[Data for analysis — start]
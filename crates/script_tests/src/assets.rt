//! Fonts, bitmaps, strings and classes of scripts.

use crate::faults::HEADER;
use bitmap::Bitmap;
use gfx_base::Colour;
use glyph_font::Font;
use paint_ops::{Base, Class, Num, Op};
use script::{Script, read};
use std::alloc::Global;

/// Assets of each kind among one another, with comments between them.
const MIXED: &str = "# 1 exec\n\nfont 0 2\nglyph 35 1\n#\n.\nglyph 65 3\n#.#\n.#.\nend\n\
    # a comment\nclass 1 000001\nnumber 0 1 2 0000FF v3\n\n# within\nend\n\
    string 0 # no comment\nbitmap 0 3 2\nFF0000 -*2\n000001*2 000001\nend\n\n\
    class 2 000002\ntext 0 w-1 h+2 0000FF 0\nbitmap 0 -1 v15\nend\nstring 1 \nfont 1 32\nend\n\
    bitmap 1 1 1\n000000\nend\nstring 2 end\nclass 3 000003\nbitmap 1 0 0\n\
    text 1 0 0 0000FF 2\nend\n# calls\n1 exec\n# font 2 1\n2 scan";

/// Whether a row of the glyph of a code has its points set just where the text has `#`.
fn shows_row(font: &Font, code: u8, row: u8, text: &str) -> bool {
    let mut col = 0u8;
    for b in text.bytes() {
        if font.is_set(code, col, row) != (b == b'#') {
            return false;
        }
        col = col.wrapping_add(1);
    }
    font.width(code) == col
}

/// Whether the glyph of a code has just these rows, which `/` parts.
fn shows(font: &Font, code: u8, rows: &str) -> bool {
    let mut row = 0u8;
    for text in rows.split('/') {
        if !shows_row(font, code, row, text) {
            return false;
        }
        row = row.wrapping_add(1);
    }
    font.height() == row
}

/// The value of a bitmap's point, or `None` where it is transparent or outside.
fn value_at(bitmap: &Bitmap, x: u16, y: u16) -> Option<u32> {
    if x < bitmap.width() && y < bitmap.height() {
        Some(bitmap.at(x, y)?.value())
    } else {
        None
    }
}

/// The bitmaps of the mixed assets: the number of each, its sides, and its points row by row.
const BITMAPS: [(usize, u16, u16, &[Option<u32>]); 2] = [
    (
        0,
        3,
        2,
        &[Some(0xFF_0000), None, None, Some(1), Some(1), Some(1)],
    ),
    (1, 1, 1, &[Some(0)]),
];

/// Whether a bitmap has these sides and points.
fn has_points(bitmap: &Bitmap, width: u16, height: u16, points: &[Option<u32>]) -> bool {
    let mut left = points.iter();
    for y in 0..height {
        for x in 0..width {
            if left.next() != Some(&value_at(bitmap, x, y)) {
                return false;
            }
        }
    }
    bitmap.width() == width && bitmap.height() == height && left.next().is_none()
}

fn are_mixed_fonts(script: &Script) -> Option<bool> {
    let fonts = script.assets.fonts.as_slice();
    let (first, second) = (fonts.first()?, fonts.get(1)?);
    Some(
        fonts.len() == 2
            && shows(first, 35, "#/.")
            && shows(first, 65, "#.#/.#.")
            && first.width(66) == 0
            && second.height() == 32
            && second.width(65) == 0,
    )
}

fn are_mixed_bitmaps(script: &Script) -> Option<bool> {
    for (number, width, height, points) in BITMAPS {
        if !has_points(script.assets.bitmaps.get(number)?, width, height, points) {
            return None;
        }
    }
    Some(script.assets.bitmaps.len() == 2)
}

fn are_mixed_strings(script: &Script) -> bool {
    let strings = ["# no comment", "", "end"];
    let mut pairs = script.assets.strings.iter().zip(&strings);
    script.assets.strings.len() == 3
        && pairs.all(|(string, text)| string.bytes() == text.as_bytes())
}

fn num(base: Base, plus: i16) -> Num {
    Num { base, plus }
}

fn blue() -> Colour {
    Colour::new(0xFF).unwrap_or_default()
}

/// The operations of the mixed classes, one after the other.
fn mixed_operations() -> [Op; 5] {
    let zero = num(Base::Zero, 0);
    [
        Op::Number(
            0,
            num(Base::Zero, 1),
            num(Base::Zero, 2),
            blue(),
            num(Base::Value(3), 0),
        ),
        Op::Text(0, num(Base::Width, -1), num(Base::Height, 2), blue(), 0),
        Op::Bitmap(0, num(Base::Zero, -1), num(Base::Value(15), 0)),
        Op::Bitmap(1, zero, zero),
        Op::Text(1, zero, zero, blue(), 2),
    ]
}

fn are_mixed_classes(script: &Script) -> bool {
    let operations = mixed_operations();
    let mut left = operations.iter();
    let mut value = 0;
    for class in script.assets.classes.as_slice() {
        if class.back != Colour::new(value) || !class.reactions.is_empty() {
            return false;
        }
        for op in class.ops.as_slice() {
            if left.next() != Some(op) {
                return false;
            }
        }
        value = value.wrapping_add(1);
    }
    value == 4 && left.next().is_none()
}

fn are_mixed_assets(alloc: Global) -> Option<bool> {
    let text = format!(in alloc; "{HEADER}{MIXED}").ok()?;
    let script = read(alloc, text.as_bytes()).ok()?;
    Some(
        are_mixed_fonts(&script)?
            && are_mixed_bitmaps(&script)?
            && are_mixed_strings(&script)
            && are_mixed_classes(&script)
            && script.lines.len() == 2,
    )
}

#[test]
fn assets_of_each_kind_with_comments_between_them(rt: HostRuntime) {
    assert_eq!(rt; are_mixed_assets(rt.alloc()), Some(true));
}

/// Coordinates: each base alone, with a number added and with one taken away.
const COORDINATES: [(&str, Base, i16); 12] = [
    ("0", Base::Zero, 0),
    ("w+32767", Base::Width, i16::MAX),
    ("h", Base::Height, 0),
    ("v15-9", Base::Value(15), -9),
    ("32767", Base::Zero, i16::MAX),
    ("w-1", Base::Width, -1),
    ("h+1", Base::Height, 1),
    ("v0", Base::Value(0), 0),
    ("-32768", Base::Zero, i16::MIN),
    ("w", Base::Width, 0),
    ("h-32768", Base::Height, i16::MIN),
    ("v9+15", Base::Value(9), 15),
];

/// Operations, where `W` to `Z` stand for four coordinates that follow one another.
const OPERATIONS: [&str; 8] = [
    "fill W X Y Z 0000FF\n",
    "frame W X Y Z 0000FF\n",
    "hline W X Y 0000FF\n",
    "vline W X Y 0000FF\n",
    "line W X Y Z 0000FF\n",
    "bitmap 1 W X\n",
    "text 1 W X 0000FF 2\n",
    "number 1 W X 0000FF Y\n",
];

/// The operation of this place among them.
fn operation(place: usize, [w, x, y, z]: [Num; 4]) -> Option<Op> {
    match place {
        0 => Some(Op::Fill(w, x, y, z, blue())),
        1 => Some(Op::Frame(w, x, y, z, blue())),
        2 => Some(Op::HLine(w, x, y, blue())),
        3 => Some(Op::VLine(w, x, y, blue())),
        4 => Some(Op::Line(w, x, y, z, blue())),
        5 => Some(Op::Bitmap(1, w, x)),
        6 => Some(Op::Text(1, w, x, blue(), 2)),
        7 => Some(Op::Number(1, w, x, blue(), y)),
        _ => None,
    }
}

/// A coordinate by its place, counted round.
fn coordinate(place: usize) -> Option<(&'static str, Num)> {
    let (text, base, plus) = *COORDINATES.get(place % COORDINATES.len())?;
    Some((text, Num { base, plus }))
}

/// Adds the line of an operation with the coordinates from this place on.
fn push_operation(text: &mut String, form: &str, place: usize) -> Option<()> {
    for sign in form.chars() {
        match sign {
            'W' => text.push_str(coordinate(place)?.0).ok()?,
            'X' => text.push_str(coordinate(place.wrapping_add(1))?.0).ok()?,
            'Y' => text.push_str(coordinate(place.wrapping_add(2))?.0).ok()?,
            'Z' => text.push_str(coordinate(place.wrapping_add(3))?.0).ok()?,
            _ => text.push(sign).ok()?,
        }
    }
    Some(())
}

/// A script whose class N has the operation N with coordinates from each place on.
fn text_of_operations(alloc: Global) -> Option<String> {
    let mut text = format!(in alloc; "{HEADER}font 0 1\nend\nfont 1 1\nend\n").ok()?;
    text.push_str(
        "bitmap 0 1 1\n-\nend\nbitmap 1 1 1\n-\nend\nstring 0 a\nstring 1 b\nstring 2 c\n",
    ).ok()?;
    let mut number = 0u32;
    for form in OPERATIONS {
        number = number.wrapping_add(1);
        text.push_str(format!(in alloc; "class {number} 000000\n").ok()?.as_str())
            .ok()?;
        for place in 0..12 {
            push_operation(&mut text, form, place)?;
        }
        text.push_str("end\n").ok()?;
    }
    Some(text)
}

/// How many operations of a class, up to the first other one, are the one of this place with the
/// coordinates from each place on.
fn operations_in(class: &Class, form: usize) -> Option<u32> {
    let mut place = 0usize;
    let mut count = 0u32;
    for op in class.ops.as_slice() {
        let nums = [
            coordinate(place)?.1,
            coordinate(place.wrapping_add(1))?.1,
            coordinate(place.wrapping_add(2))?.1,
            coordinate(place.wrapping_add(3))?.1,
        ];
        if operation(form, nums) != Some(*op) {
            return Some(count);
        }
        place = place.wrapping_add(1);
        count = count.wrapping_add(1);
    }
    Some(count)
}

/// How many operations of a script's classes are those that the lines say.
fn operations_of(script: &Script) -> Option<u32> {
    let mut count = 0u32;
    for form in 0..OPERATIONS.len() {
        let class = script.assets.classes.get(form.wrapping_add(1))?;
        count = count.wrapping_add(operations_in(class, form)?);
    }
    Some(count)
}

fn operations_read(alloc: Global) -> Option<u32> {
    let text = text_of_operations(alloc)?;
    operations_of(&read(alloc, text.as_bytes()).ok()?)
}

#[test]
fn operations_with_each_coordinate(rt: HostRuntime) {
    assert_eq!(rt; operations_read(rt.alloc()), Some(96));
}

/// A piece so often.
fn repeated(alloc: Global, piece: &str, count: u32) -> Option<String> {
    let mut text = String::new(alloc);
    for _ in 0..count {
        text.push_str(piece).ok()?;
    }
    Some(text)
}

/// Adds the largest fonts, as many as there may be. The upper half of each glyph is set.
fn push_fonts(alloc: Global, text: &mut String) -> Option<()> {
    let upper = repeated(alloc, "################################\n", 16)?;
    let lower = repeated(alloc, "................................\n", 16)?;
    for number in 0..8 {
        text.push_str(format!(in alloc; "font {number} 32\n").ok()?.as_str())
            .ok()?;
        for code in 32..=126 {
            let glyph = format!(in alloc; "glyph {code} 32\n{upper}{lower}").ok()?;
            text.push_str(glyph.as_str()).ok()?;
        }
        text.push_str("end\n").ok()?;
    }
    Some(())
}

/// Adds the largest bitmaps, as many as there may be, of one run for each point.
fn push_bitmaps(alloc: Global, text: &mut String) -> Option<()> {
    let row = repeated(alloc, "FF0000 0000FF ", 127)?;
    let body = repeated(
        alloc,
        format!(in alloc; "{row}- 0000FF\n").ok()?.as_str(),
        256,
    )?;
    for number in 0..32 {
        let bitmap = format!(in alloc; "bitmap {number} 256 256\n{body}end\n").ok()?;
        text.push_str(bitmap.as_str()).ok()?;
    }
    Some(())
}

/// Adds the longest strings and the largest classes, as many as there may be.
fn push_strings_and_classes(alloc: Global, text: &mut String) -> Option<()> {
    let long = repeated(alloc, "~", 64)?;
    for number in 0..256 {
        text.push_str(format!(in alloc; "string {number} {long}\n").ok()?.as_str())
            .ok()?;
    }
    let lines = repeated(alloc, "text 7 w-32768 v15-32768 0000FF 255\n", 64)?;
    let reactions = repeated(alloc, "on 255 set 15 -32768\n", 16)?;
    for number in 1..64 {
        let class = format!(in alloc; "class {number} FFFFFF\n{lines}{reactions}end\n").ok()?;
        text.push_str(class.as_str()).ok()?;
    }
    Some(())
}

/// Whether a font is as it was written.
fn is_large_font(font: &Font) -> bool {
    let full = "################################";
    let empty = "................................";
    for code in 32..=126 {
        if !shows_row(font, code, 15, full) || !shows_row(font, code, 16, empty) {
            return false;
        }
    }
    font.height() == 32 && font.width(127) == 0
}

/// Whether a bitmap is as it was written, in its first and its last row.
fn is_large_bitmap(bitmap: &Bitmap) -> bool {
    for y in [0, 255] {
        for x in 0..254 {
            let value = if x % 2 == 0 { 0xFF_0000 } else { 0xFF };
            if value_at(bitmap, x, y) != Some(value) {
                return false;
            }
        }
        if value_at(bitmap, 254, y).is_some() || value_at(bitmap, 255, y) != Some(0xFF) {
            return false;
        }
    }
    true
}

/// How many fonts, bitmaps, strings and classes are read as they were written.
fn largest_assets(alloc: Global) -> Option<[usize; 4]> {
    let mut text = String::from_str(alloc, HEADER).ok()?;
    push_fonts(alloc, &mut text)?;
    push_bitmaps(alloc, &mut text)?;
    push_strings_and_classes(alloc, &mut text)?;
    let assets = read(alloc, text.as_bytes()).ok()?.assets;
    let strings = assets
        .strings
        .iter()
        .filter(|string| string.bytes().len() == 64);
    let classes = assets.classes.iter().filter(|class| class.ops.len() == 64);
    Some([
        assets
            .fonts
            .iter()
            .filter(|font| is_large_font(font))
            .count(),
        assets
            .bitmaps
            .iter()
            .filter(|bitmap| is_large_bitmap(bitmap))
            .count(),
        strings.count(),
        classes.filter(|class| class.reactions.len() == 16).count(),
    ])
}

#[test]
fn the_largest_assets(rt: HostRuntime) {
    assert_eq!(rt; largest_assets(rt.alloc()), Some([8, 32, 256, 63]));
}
[Data for analysis — finish]
[Data for analysis — start]
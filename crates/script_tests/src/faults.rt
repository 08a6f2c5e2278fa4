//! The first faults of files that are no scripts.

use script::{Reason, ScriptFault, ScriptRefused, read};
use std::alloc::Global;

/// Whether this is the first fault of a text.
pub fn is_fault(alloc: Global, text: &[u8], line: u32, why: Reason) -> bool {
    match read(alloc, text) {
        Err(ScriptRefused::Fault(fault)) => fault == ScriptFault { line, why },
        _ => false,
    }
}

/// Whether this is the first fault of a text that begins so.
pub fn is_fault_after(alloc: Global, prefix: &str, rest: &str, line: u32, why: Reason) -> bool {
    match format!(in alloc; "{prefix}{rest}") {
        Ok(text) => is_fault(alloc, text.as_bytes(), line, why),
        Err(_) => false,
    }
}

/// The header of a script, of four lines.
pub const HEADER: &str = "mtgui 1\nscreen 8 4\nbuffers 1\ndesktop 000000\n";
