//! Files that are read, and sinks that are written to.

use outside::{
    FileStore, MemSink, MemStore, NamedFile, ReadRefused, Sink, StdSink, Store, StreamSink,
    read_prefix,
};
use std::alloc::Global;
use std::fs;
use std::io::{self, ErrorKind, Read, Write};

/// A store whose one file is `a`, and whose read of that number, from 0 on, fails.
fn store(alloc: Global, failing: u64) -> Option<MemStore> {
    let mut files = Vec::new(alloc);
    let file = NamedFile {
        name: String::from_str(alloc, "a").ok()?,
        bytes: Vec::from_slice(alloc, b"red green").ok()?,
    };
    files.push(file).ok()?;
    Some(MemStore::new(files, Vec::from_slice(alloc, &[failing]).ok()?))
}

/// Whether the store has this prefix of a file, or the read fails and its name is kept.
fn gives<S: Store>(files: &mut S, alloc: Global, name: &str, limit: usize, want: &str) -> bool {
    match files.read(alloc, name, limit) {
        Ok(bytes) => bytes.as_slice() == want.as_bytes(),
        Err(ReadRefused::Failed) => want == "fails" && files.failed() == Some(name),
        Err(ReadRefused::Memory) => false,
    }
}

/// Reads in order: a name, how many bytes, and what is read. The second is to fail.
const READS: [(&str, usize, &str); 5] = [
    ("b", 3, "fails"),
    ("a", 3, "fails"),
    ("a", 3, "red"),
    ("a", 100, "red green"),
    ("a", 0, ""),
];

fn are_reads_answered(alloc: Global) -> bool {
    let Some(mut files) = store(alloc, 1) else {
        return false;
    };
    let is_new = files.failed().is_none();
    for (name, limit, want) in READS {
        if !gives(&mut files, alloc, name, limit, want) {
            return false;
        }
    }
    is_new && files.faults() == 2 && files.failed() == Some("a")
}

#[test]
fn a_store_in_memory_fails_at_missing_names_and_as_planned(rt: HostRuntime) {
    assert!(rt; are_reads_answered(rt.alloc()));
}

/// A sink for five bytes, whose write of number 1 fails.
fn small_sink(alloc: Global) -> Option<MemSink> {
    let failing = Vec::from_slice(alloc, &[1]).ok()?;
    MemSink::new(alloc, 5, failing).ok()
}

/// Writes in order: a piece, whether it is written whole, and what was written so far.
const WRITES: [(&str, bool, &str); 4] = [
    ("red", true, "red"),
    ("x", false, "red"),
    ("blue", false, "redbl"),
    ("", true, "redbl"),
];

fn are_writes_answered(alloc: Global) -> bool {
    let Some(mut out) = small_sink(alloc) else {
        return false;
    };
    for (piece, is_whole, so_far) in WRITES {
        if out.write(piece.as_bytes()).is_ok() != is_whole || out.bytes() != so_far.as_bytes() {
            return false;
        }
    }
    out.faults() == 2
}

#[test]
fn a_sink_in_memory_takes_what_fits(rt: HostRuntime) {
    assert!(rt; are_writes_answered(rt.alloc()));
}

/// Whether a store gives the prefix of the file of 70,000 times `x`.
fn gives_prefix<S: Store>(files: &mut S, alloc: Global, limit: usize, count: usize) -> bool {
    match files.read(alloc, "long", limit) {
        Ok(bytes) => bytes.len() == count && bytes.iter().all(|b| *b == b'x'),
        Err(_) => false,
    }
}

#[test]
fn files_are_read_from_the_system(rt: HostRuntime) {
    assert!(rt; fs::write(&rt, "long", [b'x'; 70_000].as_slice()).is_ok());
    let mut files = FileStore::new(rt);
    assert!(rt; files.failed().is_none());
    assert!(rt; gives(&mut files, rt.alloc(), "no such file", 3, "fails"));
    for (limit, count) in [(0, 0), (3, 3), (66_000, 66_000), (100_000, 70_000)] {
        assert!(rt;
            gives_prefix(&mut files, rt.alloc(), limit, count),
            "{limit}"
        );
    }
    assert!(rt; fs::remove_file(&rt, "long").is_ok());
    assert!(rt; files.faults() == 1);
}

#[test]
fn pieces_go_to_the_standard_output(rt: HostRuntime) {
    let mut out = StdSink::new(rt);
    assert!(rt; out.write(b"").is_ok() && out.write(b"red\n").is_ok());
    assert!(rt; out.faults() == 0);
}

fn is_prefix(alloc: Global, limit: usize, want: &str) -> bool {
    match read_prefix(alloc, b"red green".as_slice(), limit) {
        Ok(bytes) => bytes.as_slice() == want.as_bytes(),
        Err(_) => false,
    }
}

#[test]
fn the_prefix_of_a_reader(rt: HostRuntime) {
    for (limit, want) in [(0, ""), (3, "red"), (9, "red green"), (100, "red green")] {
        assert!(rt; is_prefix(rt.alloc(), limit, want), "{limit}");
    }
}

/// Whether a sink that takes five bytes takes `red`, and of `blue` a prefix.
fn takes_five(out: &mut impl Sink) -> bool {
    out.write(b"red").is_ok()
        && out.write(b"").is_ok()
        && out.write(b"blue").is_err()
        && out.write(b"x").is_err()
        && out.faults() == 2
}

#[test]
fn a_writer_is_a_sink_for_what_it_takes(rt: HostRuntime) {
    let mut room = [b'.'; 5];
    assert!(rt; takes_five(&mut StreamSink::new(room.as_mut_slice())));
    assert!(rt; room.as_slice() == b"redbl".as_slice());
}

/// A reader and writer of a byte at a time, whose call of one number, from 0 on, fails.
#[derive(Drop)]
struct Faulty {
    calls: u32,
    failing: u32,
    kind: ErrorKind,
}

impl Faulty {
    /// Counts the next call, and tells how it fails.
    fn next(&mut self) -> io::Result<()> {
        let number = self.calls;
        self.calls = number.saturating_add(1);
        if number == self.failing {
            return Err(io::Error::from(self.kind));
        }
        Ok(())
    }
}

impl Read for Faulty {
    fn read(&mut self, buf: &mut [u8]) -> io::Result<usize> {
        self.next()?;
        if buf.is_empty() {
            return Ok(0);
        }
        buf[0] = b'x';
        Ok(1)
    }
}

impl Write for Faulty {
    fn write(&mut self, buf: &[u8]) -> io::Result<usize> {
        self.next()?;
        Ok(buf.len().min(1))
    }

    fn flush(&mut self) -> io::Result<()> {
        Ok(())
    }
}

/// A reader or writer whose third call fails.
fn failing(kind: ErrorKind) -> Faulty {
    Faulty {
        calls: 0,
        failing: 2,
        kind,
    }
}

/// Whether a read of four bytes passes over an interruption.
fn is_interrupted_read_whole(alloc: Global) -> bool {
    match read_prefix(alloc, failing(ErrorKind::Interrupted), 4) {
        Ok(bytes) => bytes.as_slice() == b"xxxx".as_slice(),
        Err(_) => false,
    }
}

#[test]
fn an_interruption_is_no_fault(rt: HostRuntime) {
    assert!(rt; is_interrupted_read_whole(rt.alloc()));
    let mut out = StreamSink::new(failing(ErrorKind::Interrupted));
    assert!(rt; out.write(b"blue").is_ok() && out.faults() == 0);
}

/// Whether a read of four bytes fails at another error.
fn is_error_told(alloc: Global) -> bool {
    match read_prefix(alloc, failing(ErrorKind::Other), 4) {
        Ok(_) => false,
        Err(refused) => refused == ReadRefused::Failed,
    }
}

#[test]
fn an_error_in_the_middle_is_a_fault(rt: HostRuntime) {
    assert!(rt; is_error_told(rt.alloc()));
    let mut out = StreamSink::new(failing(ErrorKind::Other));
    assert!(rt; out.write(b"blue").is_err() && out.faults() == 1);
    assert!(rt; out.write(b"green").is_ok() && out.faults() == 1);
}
[Data for analysis — finish]
About this exercise: All that belongs in your answer is the stretch of entries above from the line with "filename crates/script_tests/src/assets.rt" through the line with "Whether a row", printed exactly.

Completed exercise:
filename crates/script_tests/src/assets.rt
//! Fonts, bitmaps, strings and classes of scripts.

use crate::faults::HEADER;
use bitmap::Bitmap;
use gfx_base::Colour;
use glyph_font::Font;
use paint_ops::{Base, Class, Num, Op};
use script::{Script, read};
use std::alloc::Global;

/// Assets of each kind among one another, with comments between them.
const MIXED: &str = "# 1 exec\n\nfont 0 2\nglyph 35 1\n#\n.\nglyph 65 3\n#.#\n.#.\nend\n\
    # a comment\nclass 1 000001\nnumber 0 1 2 0000FF v3\n\n# within\nend\n\
    string 0 # no comment\nbitmap 0 3 2\nFF0000 -*2\n000001*2 000001\nend\n\n\
    class 2 000002\ntext 0 w-1 h+2 0000FF 0\nbitmap 0 -1 v15\nend\nstring 1 \nfont 1 32\nend\n\
    bitmap 1 1 1\n000000\nend\nstring 2 end\nclass 3 000003\nbitmap 1 0 0\n\
    text 1 0 0 0000FF 2\nend\n# calls\n1 exec\n# font 2 1\n2 scan";

/// Whether a row of the glyph of a code has its points set just where the text has `#`.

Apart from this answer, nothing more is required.